Qui occupera l'hôtel de ville, voici donc un futur incertain et peu propice à l'optimisme. Mais l'énergie des habitants, elle, demeure. Quoi qu'en disent ceux qui y voient une nouveauté, nombre de Marseillais n'ont jamais attendu que la ville s'écroule pour se prendre en main, tout simplement parce qu'il s'agissait de la seule alternative à l'invisibilité des pouvoirs publics. Pour ne parler que de l'année écoulée, ce sont ces militants qui vont, truelles et pinceaux en main, repeindre eux-mêmes une école délabrée. Ce sont ces parents qui, lassés d'attendre une réponse de la voirie, achètent et installent eux-mêmes un ralentisseur. Ce sont les associations parfois alliées de la tambouille municipale, mais aussi et parfois seuls actrices du lien social dans certains quartiers. C'est la débrouille et l'improvisation quotidiennes de part et d'autre de la ville, pas parce que ça fait bien, pas parce que c'est militant, mais tout simplement parce qu'ici, on n'a pas le choix. Imposée par des années de désintérêt réciproque entre les habitants et les institutions publiques, cette vie sociale parfois à la lisière de l'autogestion est une richesse paradoxale, et en tout cas un trésor que bien d'autres collectivités en manque de démocratie participative pourraient nous envier.

À l'heure où l'institution municipale paie le prix d'une éternité de délitement moral et fonctionnel, il serait tentant d'opposer la saine et unanime colère du peuple et sa volonté massive de faire table rase.
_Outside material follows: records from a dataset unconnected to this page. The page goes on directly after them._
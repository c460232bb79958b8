// One loop over all connections of a door.
ghost use Rattle.std.specs.Prelude.{◌≡◌, ◌⊎◌, [], true, false, IfSome, IfNone, IsTrue};
ghost use Rattle.std.specs.VecDeque.{deque_items};
ghost use Rattle.futures.specs.Poll.{IfReady, OnPending};
ghost use Rattle.futures.specs.Task.{Covers, IsArmed, Keeps};
ghost use Rattle.session_model.specs.declared.ending.Worst.TheVariants as worst;
ghost use Rattle.engine_ports.specs.Rose.{Rose};
ghost use Rattle.daemon_core.specs.Passing.{alone_pass, whole_pass};
ghost use Rattle.door_model.specs.Connections.{most_from};
ghost use Rattle.door_model.specs.Worsts.{worse_of};
ghost use Rattle.engine_loop.specs.Looping.{BeginsLoop, CanPollLoop, GivesLoop, LoopWaits};
ghost use Rattle.engine_loop.specs.Running.{RunsLoop};
ghost use Rattle.engine_loop.specs.Standing.{CanServe, GoesOn, PausesSo, is_open, why_of};
ghost use Rattle.session_poll.specs.Standing.{IsWoken};

use crate::coming::Coming;
use crate::serving::Serving;
use crate::ticking::{LentClock, Ticking};
use api_routes::Routes;
use daemon_core::{Alone, Daemon};
use door_model::worse_of;
use engine_ports::Clock;
use futures::Future;
use futures::task::{Context, Poll};
use polled_ports::{PollDoor, Runner};
use session_model::Worst;
use std::alloc::Global;
use std::collections::VecDeque;
use std::snapshot::Snapshot;

/// What a loop leaves: the door and the clock are those that it was lent.
#[derive(Drop)]
pub struct Finished<'a, D: PollDoor, T> {
    pub worst: Worst,
    pub daemon: Daemon,
    pub door: &'a mut D,
    pub clock: T,
}

/// What a loop holds while it runs.
#[derive(Drop)]
pub(crate) struct Held<'a, D: PollDoor, T> {
    pub(crate) serving: Serving<D::From, D::Into>,
    pub(crate) door: &'a mut D,
    pub(crate) clock: T,
}

/// All connections of a door, served in one thread.
#[derive(Drop)]
pub struct Loop<'a, D: PollDoor, T> {
    alloc: Global,
    routes: &'a Routes,
    held: Option<Held<'a, D, T>>,
    began: Snapshot<Held<'a, D, T>>,
}

impl<'a, D: PollDoor, T: Ticking> Loop<'a, D, T> {
    /// A loop over the connections of a bound door, numbered from `first` on, `limit` of them at most. It takes no memory.
    pub fn new(
        alloc: Global,
        routes: &'a Routes,
        daemon: Daemon,
        first: u32,
        limit: Option<u32>,
        door: &'a mut D,
        clock: T,
    ) -> Loop<'a, D, T>
        ensures { BeginsLoop D.From.gives D.Into.takes D.opens T.times T.which first limit
            (whole_pass daemon) door.entry clock result }
    {
        let serving = Serving {
            turns: Alone::new(daemon),
            connections: VecDeque::new(alloc),
            coming: Coming::new(first, limit),
            worst: Worst::Closed,
            stop: false,
        };
        let held = Held {
            serving,
            door,
            clock,
        };
        let began = Snapshot::of(&held);
        Loop {
            alloc,
            routes,
            held: Some(held),
            began,
        }
    }
}

impl<'a, D: PollDoor, T: Ticking> Held<'a, D, T> {
    /// One poll; whether it is over.
    fn go_on(&mut self, alloc: Global, routes: &Routes, cx: &mut Context<'_>) -> bool
        requires stands { CanServe D.From.gives D.Into.takes self.old.serving
            (D.opens self.old.door.now) (T.times self.old.clock) }
        ensures goes { GoesOn D.From.gives D.Into.takes self.old.serving self.new.serving
            (D.opens self.old.door.now) (D.opens self.new.door.now)
            (T.times self.old.clock) (T.times self.new.clock) }
        ensures over { result ≡ true → (deque_items self.new.serving.connections ≡ [])
            × (IsTrue self.new.serving.stop ⊎ (is_open self.new.serving.coming ≡ false)) }
        ensures pauses { result ≡ false → PausesSo D.From.gives D.Into.takes (IsWoken cx.new)
            self.old.serving self.new.serving (D.opens self.old.door.now)
            (D.opens self.new.door.now) (T.times self.old.clock) (T.times self.new.clock) }
        ensures armed { result ≡ false → IsArmed cx.new }
        ensures kept { Keeps cx.old cx.new }
        ensures lent { (self.new.door.ghost_name ≡ self.old.door.ghost_name)
            × (T.which self.new.clock ≡ T.which self.old.clock) }
    {
        let door = &mut *self.door;
        self.serving.go_on(alloc, routes, door, &mut self.clock, cx)
    }

    /// What is left of it.
    fn finish(self) -> Finished<'a, D, T>
        ensures worst { result.worst
            ≡ worse_of (why_of self.entry.serving.coming.end) self.entry.serving.worst }
        ensures daemon { whole_pass result.daemon ≡ alone_pass self.entry.serving.turns }
        ensures lent { (result.door ≡ self.entry.door) × (result.clock ≡ self.entry.clock) }
    {
        let Held {
            serving,
            door,
            clock,
        } = self;
        let (worst, daemon) = serving.finish();
        Finished {
            worst,
            daemon,
            door,
            clock,
        }
    }
}

impl<'a, D: PollDoor, T: Ticking> Loop<'a, D, T> {
    /// `poll`, with a contract that says what it waits for where it isn't ready.
    pub fn go_on(&mut self, cx: &mut Context<'_>) -> Poll<Finished<'a, D, T>>
        requires { CanPollLoop D.From.gives D.Into.takes D.opens T.times T.which self.old }
        ensures value { IfReady result
            (GivesLoop D.From.gives D.Into.takes D.opens T.times T.which self.old) }
        ensures again { OnPending result
            (CanPollLoop D.From.gives D.Into.takes D.opens T.times T.which self.new) }
        ensures waits { OnPending result (LoopWaits D.From.gives D.Into.takes D.opens
            T.times T.which (IsWoken cx.new) self.old self.new) }
        ensures same { OnPending result ((x : _)
            → GivesLoop D.From.gives D.Into.takes D.opens T.times T.which self.new x
            → GivesLoop D.From.gives D.Into.takes D.opens T.times T.which self.old x) }
        ensures registered { OnPending result (Covers cx.new (λ _. ⊥)) }
        ensures kept { Keeps cx.old cx.new }
    {
        let alloc = self.alloc;
        let routes = self.routes;
        let Some(held) = &mut self.held else {
            unreachable!()
        };
        if !held.go_on(alloc, routes, cx) {
            return Poll::Pending;
        }
        match self.held.take() {
            Some(held) => Poll::Ready(held.finish()),
            None => unreachable!(),
        }
    }
}

impl<'a, D: PollDoor, T: Ticking> Future for Loop<'a, D, T> {
    type Output = Finished<'a, D, T>;

    ghost can_poll = { CanPollLoop D.From.gives D.Into.takes D.opens T.times T.which };

    ghost gives = { GivesLoop D.From.gives D.Into.takes D.opens T.times T.which };

    fn poll(&mut self, cx: &mut Context<'_>) -> Poll<Finished<'a, D, T>> {
        self.go_on(cx)
    }
}

/// Serves the connections of a bound door by a daemon, all in this thread: numbered from `first` on, `limit` of them at most.
/// The daemon comes back once all sessions have ended, where the runner didn't fail.
pub fn run_loop<D: PollDoor, C: Clock, R: Runner>(
    alloc: Global,
    routes: &Routes,
    daemon: Daemon,
    first: u32,
    limit: Option<u32>,
    door: &mut D,
    clock: &mut C,
    runner: &mut R,
) -> (Worst, Option<Daemon>)
    ensures some { IfSome result.1 (λ d. RunsLoop first (most_from first limit) result.0
        (whole_pass daemon) (whole_pass d) (D.opens door.old) (D.opens door.new)
        (C.times clock.old) (C.times clock.new)) }
    ensures none { IfNone result.1
        ((result.0 ≡ worst.Fault) × Rose (R.faults runner.old) (R.faults runner.new)) }
{
    let lent = LentClock { clock };
    let all = Loop::new(alloc, routes, daemon, first, limit, door, lent);
    match runner.run(all) {
        Ok(finished) => {
            let Finished {
                worst,
                daemon,
                door: back,
                clock: LentClock { clock: ticked },
            } = finished;
            let _ = back;
            let _ = ticked;
            (worst, Some(daemon))
        }
        Err(_) => (Worst::Fault, None),
    }
}
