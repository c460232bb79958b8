// A source or a sink, and whether it moved bytes.
ghost use Rattle.std.specs.Prelude.{◌≡◌, false};

use engine_ports::{Failed, Got};
use futures::task::{Context, Poll};
use polled_ports::{PollSink, PollSource};

/// A source or a sink, and whether it moved bytes since it was asked for that.
#[derive(Drop)]
pub(crate) struct Watched<P> {
    pub(crate) port: P,
    moved: bool,
}

impl<P> Watched<P> {
    pub(crate) fn new(port: P) -> Watched<P>
        ensures { result.port ≡ port }
    {
        Watched { port, moved: false }
    }

    pub(crate) fn into_port(self) -> P
        ensures { result ≡ self.port }
    {
        let Watched { port, moved: _ } = self;
        port
    }

    /// Whether it moved bytes since this was called last.
    pub(crate) fn has_moved(&mut self) -> bool
        ensures { self.new.port ≡ self.old.port }
    {
        let moved = self.moved;
        self.moved = false;
        moved
    }
}

impl<S: PollSource> PollSource for Watched<S> {
    ghost gives = { λ w. S.gives w.port };

    fn poll_read(&mut self, cx: &mut Context<'_>, into: &mut [u8]) -> Poll<Got> {
        let got = self.port.poll_read(cx, into);
        if let Poll::Ready(Got::Bytes(_)) = got {
            self.moved = true;
        }
        got
    }
}

impl<K: PollSink> PollSink for Watched<K> {
    ghost takes = { λ w. K.takes w.port };

    fn poll_write(&mut self, cx: &mut Context<'_>, piece: &[u8]) -> Poll<Result<usize, Failed>> {
        let taken = self.port.poll_write(cx, piece);
        if let Poll::Ready(Ok(_)) = taken {
            self.moved = true;
        }
        taken
    }

    fn probe(&mut self) -> Result<(), Failed> {
        self.port.probe()
    }

    fn finish(&mut self) -> Result<(), Failed> {
        self.port.finish()
    }
}
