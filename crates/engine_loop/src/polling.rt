// Each session is polled, in order of number.
ghost use Rattle.std.specs.Prelude.{◌≡◌, ◌<◌, ◌≤◌, ◌+◌, ◌⊎◌, ℕ, true, false, [], IsTrue, IsFalse};
ghost use Rattle.std.specs.VecDeque.{deque_items, deque_len};
ghost use Rattle.futures.specs.Task.{IsArmed, Keeps};
ghost use Rattle.engine_ports.specs.Clock.{ClockHanded, ClockStood};
ghost use Rattle.engine_ports.specs.Rose.{Rose};
ghost use Rattle.engine_loop.specs.Standing.{CanServe, ComesOf, GoesOn, PausesSo, PollsAll, PollsOne, PollsConnection, is_open, ports_in, takes_more};
ghost use Rattle.session_poll.specs.Going.{IsArmedBy};
ghost use Rattle.session_poll.specs.Standing.{CanPoll, IsWoken};
ghost use Rattle.daemon_core.specs.Passing.{alone_pass};
ghost use Rattle.session_model.specs.Pass.{IsConnection};

use crate::connection::{Connection, Halves};
use crate::serving::Serving;
use crate::ticking::Ticking;
use api_routes::Routes;
use daemon_core::Alone;
use door_model::{called_by, worse_of};
use engine_ports::Pause;
use futures::task::Context;
use polled_ports::{PollDoor, PollSink, PollSource};
use session_poll::{Cause, Polled};
use std::alloc::Global;

/// How long the loop pauses before it polls again, in milliseconds.
const BREATH: u64 = 5;

/// What polls came to: all sessions wait for their sources and their sinks; one at least waits for the machine, and none
/// went on; or one at least went on.
#[derive(Clone, Copy, Debug)]
pub(crate) enum Rest {
    Ports,
    Machine,
    On,
}

impl Rest {
    fn is_for_machine(self) -> bool
        ensures { result ≡ true → self ≡ Rest.Machine }
    {
        match self {
            Rest::Machine => true,
            Rest::Ports | Rest::On => false,
        }
    }
}

/// What two of them come to.
fn both(one: Rest, other: Rest) -> Rest
    ensures { ComesOf one other result }
{
    match one {
        Rest::On => Rest::On,
        Rest::Ports => other,
        Rest::Machine => match other {
            Rest::On => Rest::On,
            Rest::Ports | Rest::Machine => Rest::Machine,
        },
    }
}

/// What a poll that isn't done comes to, by whether bytes were moved.
fn rest_of(cause: Cause, has_moved: bool) -> Rest
    ensures { result ≡ Rest.Machine → cause ≡ Cause.NotYet }
{
    if has_moved {
        return Rest::On;
    }
    match cause {
        Cause::Source | Cause::Sink => Rest::Ports,
        Cause::NotYet => Rest::Machine,
        Cause::Yield => Rest::On,
    }
}

impl<S: PollSource, K: PollSink> Halves<S, K> {
    /// Whether bytes were moved since this was asked last.
    fn has_moved(&mut self) -> bool
        ensures source { self.new.source.port ≡ self.old.source.port }
        ensures sink { self.new.sink.port ≡ self.old.sink.port }
    {
        let has_read = self.source.has_moved();
        let has_written = self.sink.has_moved();
        has_read || has_written
    }
}

impl<S: PollSource, K: PollSink> Connection<S, K> {
    /// Polls the session, at the moment now.
    fn poll<C: Ticking>(
        &mut self,
        alloc: Global,
        routes: &Routes,
        turns: &mut Alone,
        clock: &mut C,
        stop: bool,
        cx: &mut Context<'_>,
    ) -> Polled
        requires connection { IsConnection self.old.number }
        requires conn { self.old.session.conn ≡ self.old.number }
        requires stands { CanPoll (alone_pass turns.old).charter self.old.number self.old.session
            (alone_pass turns.old).seen (ports_in S.gives K.takes self.old.conn) }
        ensures polls { PollsConnection S.gives K.takes stop result (IsWoken cx.new) self.old self.new
            (alone_pass turns.old) (alone_pass turns.new) (C.times clock.old) (C.times clock.new) }
        ensures armed { IsArmedBy result cx.new }
        ensures ticks { C.which clock.new ≡ C.which clock.old }
        ensures kept { Keeps cx.old cx.new }
    {
        let handed = clock.now();
        let Connection {
            number: _,
            conn: Halves { source, sink },
            came: _,
            session,
        } = self;
        session.poll(alloc, routes, turns, handed, stop, source, sink, cx)
    }
}

impl<S: PollSource + Drop, K: PollSink + Drop> Serving<S, K> {
    /// Polls the first session, which then is the last one, or leaves its connection to the door.
    fn poll_first<D: PollDoor<From = S, Into = K>, C: Ticking>(
        &mut self,
        alloc: Global,
        routes: &Routes,
        door: &mut D,
        clock: &mut C,
        cx: &mut Context<'_>,
    ) -> Rest
        requires stands { CanServe S.gives K.takes self.old (D.opens door.old) (C.times clock.old) }
        requires first { 0 < deque_len self.old.connections }
        ensures goes { GoesOn S.gives K.takes self.old self.new
            (D.opens door.old) (D.opens door.new) (C.times clock.old) (C.times clock.new) }
        ensures polls { PollsOne S.gives K.takes (IsWoken cx.old) (IsWoken cx.new) result
            self.old self.new (D.opens door.old) (D.opens door.new)
            (C.times clock.old) (C.times clock.new) }
        ensures later { (C.times clock.old).stops ≤ (C.times clock.new).stops }
        ensures len { deque_len self.old.connections ≤ deque_len self.new.connections + 1 }
        ensures waits { (deque_len self.new.connections + 1 ≡ deque_len self.old.connections)
            ⊎ ((deque_len self.new.connections ≡ deque_len self.old.connections) × IsArmed cx.new) }
        ensures same { (self.new.coming ≡ self.old.coming) × (self.new.stop ≡ self.old.stop) }
        ensures registered { (D.opens door.new).registered ≡ (D.opens door.old).registered }
        ensures ticks { C.which clock.new ≡ C.which clock.old }
        ensures kept { Keeps cx.old cx.new }
    {
        let Some(mut connection) = self.connections.pop_front() else {
            unreachable!()
        };
        match connection.poll(alloc, routes, &mut self.turns, clock, self.stop, cx) {
            Polled::Pending(cause) => {
                let rest = rest_of(cause, connection.conn.has_moved());
                self.connections.push_back_reserved(connection);
                rest
            }
            Polled::Done(ending) => {
                self.worst = worse_of(self.worst, called_by(ending));
                connection.leave(door);
                Rest::On
            }
        }
    }

    /// Polls each session once.
    fn poll_all<D: PollDoor<From = S, Into = K>, C: Ticking>(
        &mut self,
        alloc: Global,
        routes: &Routes,
        door: &mut D,
        clock: &mut C,
        cx: &mut Context<'_>,
    ) -> Rest
        requires stands { CanServe S.gives K.takes self.old (D.opens door.old) (C.times clock.old) }
        ensures goes { GoesOn S.gives K.takes self.old self.new
            (D.opens door.old) (D.opens door.new) (C.times clock.old) (C.times clock.new) }
        ensures polls { PollsAll S.gives K.takes (IsWoken cx.new) result self.old self.new
            (D.opens door.old) (D.opens door.new) (C.times clock.old) (C.times clock.new) }
        ensures later { (C.times clock.old).stops ≤ (C.times clock.new).stops }
        ensures waits { (deque_len self.new.connections ≡ 0) ⊎ IsArmed cx.new }
        ensures same { (self.new.coming ≡ self.old.coming) × (self.new.stop ≡ self.old.stop) }
        ensures registered { (D.opens door.new).registered ≡ (D.opens door.old).registered }
        ensures ticks { C.which clock.new ≡ C.which clock.old }
        ensures kept { Keeps cx.old cx.new }
    {
        let mut rest = Rest::Ports;
        for _ in 0..self.connections.len() {
            rest = both(rest, self.poll_first(alloc, routes, door, clock, cx));
        }
        rest
    }

    /// Waits a little, or is stopped.
    fn pause<C: Ticking>(&mut self, clock: &mut C)
        ensures stood { ClockStood (C.times clock.old) (C.times clock.new) }
        ensures stops { IsTrue self.new.stop
            → IsTrue self.old.stop ⊎ Rose (C.times clock.old).stops (C.times clock.new).stops }
        ensures still { IsTrue self.old.stop → IsTrue self.new.stop }
        ensures same { self.new ≡ record self.old { stop = self.new.stop } }
        ensures ticks { C.which clock.new ≡ C.which clock.old }
    {
        if let Pause::Stop = clock.pause(BREATH) {
            self.stop = true;
        }
    }

    /// Whether all that were to come have come, and have left.
    fn is_over(&self) -> bool
        ensures over { result ≡ true → (deque_items self.now.connections ≡ [])
            × (IsTrue self.now.stop ⊎ (is_open self.now.coming ≡ false)) }
        ensures not_yet { result ≡ false → (0 < deque_len self.now.connections)
            ⊎ IsTrue (takes_more S.gives K.takes self.now) }
    {
        self.connections.is_empty() && (self.stop || !self.coming.is_open())
    }

    /// One poll of the loop; whether it is over.
    pub(crate) fn go_on<D: PollDoor<From = S, Into = K>, C: Ticking>(
        &mut self,
        alloc: Global,
        routes: &Routes,
        door: &mut D,
        clock: &mut C,
        cx: &mut Context<'_>,
    ) -> bool
        requires stands { CanServe S.gives K.takes self.old (D.opens door.old) (C.times clock.old) }
        ensures goes { GoesOn S.gives K.takes self.old self.new
            (D.opens door.old) (D.opens door.new) (C.times clock.old) (C.times clock.new) }
        ensures over { result ≡ true → (deque_items self.new.connections ≡ [])
            × (IsTrue self.new.stop ⊎ (is_open self.new.coming ≡ false)) }
        ensures pauses { result ≡ false → PausesSo S.gives K.takes (IsWoken cx.new)
            self.old self.new (D.opens door.old) (D.opens door.new)
            (C.times clock.old) (C.times clock.new) }
        ensures armed { result ≡ false → IsArmed cx.new }
        ensures ticks { C.which clock.new ≡ C.which clock.old }
        ensures kept { Keeps cx.old cx.new }
    {
        self.accept_all(alloc, door, cx);
        let rest = self.poll_all(alloc, routes, door, clock, cx);
        if self.is_over() {
            return true;
        }
        if rest.is_for_machine() {
            self.pause(clock);
        }
        false
    }
}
Cette vision paraîtrait étrangement simple, tant la marseillologie est faite de paradoxes et de contradictions. La transition avec les années Gaudin sera-t-elle aussi brutale que l'émotion ambiante le laisse présager ? Et surtout, les électeurs marseillais soutiendront-ils cette volonté de justice envers ces classes populaires ignorées pendant des décennies ? L'enjeu ne se trouve même pas ici, serait-on tenté de dire ; au-delà de l'échéance électorale, c'est cette force d'agir ensemble et d'occuper l'espace public qui est à cultiver. Manifester et dénoncer quand l'actualité l'exige et en tous temps, partager, discuter, rire et vivre ensemble, car c'est dans ses rues que se fait la ville. Lieu de mélange et de dialogue pour les idéalistes, huis-clos aux protagonistes condamnés à s'insupporter éternellement pour les cyniques, toujours est-il que de cette tension, de ces crispations, naît cette vitalité foutraque qui irrigue Marseille. Cette énergie collective, c'est à peu près la seule digue qui protège la ville quand le monde entier nous incite au repli. C'est elle qui attirait l'auteur de ces lignes et qui maintient aujourd'hui, encore un paradoxe, un amour immodéré pour cette ville où il n'est pourtant jamais revenu vivre. C'est peut-être le même esprit qui fit venir Simona, Fabien, Niasse, Taher, Chérif, Ouloume, Marie-Emmanuelle, Julien, dans cette ville à qui il arrive de tuer ceux qu'elle aime. Pour eux surtout, les manifestants et plus largement ceux qui bougent, ceux qui crient, ceux qui font, ont montré que l'énergie des Marseillais ne s'éteignait pas.